Joel De Gan joel-at-tagword.com |nyphp 04/2004| wrote:

>On Wed, 2004-06-30 at 11:53, Chris Shiflett wrote:
>  
>
>>Unfortunately, I don't know of any good examples. I've heard good things
>>about coWiki's code. Anyone know of other well-written PHP applications?
>>    
>>
>
>Well..
>basically, avoid just about anything on hotscripts.com it is 99% "my
>first application" stuff.. Though, sometimes there is some interesting
>approaches there.
>
>As for hacking on shit, I learned a *LOT* from hacking on the ad server
>called OASIS.
>
>Most of the apps that have web-based installs are also worth looking at
>as that displays a level of skill that the "my first app" guys will not
>have.
>
>Just some thoughts.
>
I completely appreciate the posts, but right from the start these things 
are exactly what stops a VB person from going PHP.

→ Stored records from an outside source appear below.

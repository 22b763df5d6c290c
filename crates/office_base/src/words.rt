// The words of a command line.
ghost use Rattle.std.specs.Prelude.{◌≡◌, ◌<◌, ◌≤◌, ◌∷◌, [], ◌++◌, ℕ, length, List, OnOk, OnErr, IfOk, IfSome, IfNone, slice_get, map, Some, string_bytes};

use crate::OutOfMemory;
use std::alloc::Global;
use std::marker::Model;

/// A list of texts. Contracts see the bytes of each.
#[derive(Drop)]
pub struct Words {
    alloc: Global,
    words: Vec<String>,
}

impl Model for Words {
    ghost Value = { List (List ℕ) };

    ghost view = { λ a. map string_bytes a.words.items };
}

impl Words {
    /// Returns no words. It allocates nothing; `push` allocates from `alloc`.
    pub fn new(alloc: Global) -> Words
        ensures { result ≡ [] }
    {
        Words {
            alloc,
            words: Vec::new(alloc),
        }
    }

    /// Puts a word at the end. If memory runs out, the words are unchanged.
    pub fn push(&mut self, word: &str) -> Result<(), OutOfMemory>
        ensures ok { OnOk result (self.new ≡ self.old ++ word.now ∷ []) }
        ensures err { OnErr result (self.new ≡ self.old) }
    {
        let text = String::from_str(self.alloc, word)?;
        self.words.push(text)?;
        Ok(())
    }

    pub fn len(&self) -> usize
        ensures { result ≡ length self.now }
    {
        self.words.len()
    }

    /// Returns the word at this place, from 0.
    pub fn word(&self, at: usize) -> Option<&str>
        ensures some { IfSome result (λ word. slice_get self.now at ≡ Some word.now) }
        ensures none { IfNone result (length self.now ≤ at) }
    {
        if at < self.words.len() {
            Some(self.words[at].as_str())
        } else {
            None
        }
    }
}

In VB/M$ land, "Hello World" is an example of professional programming. 
In OS/PHP land (to read these recent posts) even writing phpBB is unworthy.

People need to feel they are "OK programmers with an opportunity to be 
great" not crappy-programmers-in-need-of-improvement. Granted, we are 
all crappy programmers seeking perfection, but might that confidence be 
the separator between the M$ camp followers and the OS people?

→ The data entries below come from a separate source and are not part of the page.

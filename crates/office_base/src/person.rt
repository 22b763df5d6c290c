// A person: who, of which category, with which traits, at which places of the merit lists.
ghost use Rattle.std.specs.Prelude.{◌≡◌, ◌<◌, IsTrue, ◌↔◌};
ghost use Rattle.office_base.specs.Person.{IsList, IsTraitSet, has_trait, IsBetter, number_of, place_in};

/// The number of a candidate, from 1 to 999,999,999.
#[derive(Clone, Copy, Debug, PartialEq, Eq, PartialOrd, Ord)]
pub struct CandId(pub u32);

/// The number of a programme, from 0 in the order in which programmes first appear.
#[derive(Clone, Copy, Debug, PartialEq, Eq, PartialOrd, Ord)]
pub struct ProgId(pub u16);

/// The number of a merit list, from 1 to 4.
#[derive(Clone, Copy, PartialEq, Eq, PartialOrd, Ord)]
pub struct ListId(pub u8);

/// A set of the traits W, D, X, S, F, L. Bits 0 to 5 are these traits, in this order; bits 6 and 7 are 0.
#[derive(Clone, Copy, PartialEq, Eq)]
pub struct TraitSet(pub u8);

/// The vertical category of a candidate.
#[derive(Clone, Copy, PartialEq, Eq)]
pub enum Category {
    Gen,
    Ews,
    Obc,
    Sc,
    St,
}

/// A candidate's place in one merit list, from 1 to 9,999,999; a smaller number is better.
#[derive(Clone, Copy, PartialEq, Eq)]
pub enum Place {
    Absent,
    Common(u32),
    Relaxed(u32),
}

/// A candidate as the choice of a step sees one. `places` has the places in the lists 1 to 4.
#[derive(Clone, Copy, PartialEq, Eq)]
pub struct Person {
    pub id: CandId,
    pub category: Category,
    pub traits: TraitSet,
    pub places: [Place; 4],
}

impl TraitSet {
    /// Returns whether the trait of this number, from 0 to 5, is in the set.
    pub fn has(self, t: u8) -> bool
        requires set { IsTraitSet self }
        requires number { t < 6 }
        ensures { result ≡ has_trait self t }
    {
        self.0 & (1 << t) != 0
    }
}

impl Place {
    /// Returns the number of a place, whether common or relaxed.
    pub fn number(self) -> Option<u32>
        ensures { result ≡ number_of self }
    {
        match self {
            Place::Absent => None,
            Place::Common(number) | Place::Relaxed(number) => Some(number),
        }
    }
}

impl Person {
    /// Returns the place in a list.
    pub fn place(&self, list: ListId) -> Place
        requires { IsList list }
        ensures { result ≡ place_in list self.now }
    {
        self.places[usize::from(list.0 - 1)]
    }
}

/// Returns whether both persons have a place in the list and the first one's number is smaller.
pub fn better(a: &Person, b: &Person, list: ListId) -> bool
    requires { IsList list }
    ensures { IsTrue result ↔ IsBetter list a.now b.now }
{
    match (a.place(list).number(), b.place(list).number()) {
        (Some(first), Some(second)) => first < second,
        _ => false,
    }
}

Asking this guy to build a box is way over his head. Agreed that is a 
problem, but giving him a box to build doesn't get him there. Asking him 
to hack on an ad-server app will require careful 1:1 scrutiny with a 
considerable level of PHP expertise - not an option. I agree completely 
about the need to rate hotscripts and the like for "appropriateness" but 
that doesn't exist either. These are great ideas for talking an average 
PHPprogrammer to new levels of understanding (I'd like to do them 
myself, thanks for the suggestions :-) but not the newbie/VB person.

I thought InvisionBoard would be good to show how OO *was* used with 
PHP4 scripts (it's totally coded around a constructor-based layout) but 
with PHP5's OO revamping of OO that may not be a good idea. I thought my 
own html header management stuff would be good for teaching how PHP is 
used as a server-side HTML management system, shy of templating, but 
there is way too much platform stuff involved, and the objectives are 
all SEO and semantic marketing - way over his head and not something I 
want to be training.

I am very close to setting him loose with the CLI as a parsing tool and 
having him build an access log analyzer.... tons of good PHP to do, 
modular approach, constant parallels to VI and *nix CL tools, etc and I 
can even set him loose on WebTrends so compare results... but he's not 
my hire so unless I can garner value from that idea I can't afford the time.

I might add that these people spend alot more money on tools and stuff 
than the OS people I know... perhaps if there isn't a community resource 
to encourage/support crossover to OS/PHP land,  there is opportunity for 
a short course on building a box/setting up LAMP, to be sold to such 
people used to buying things like VB add-ons and widgets?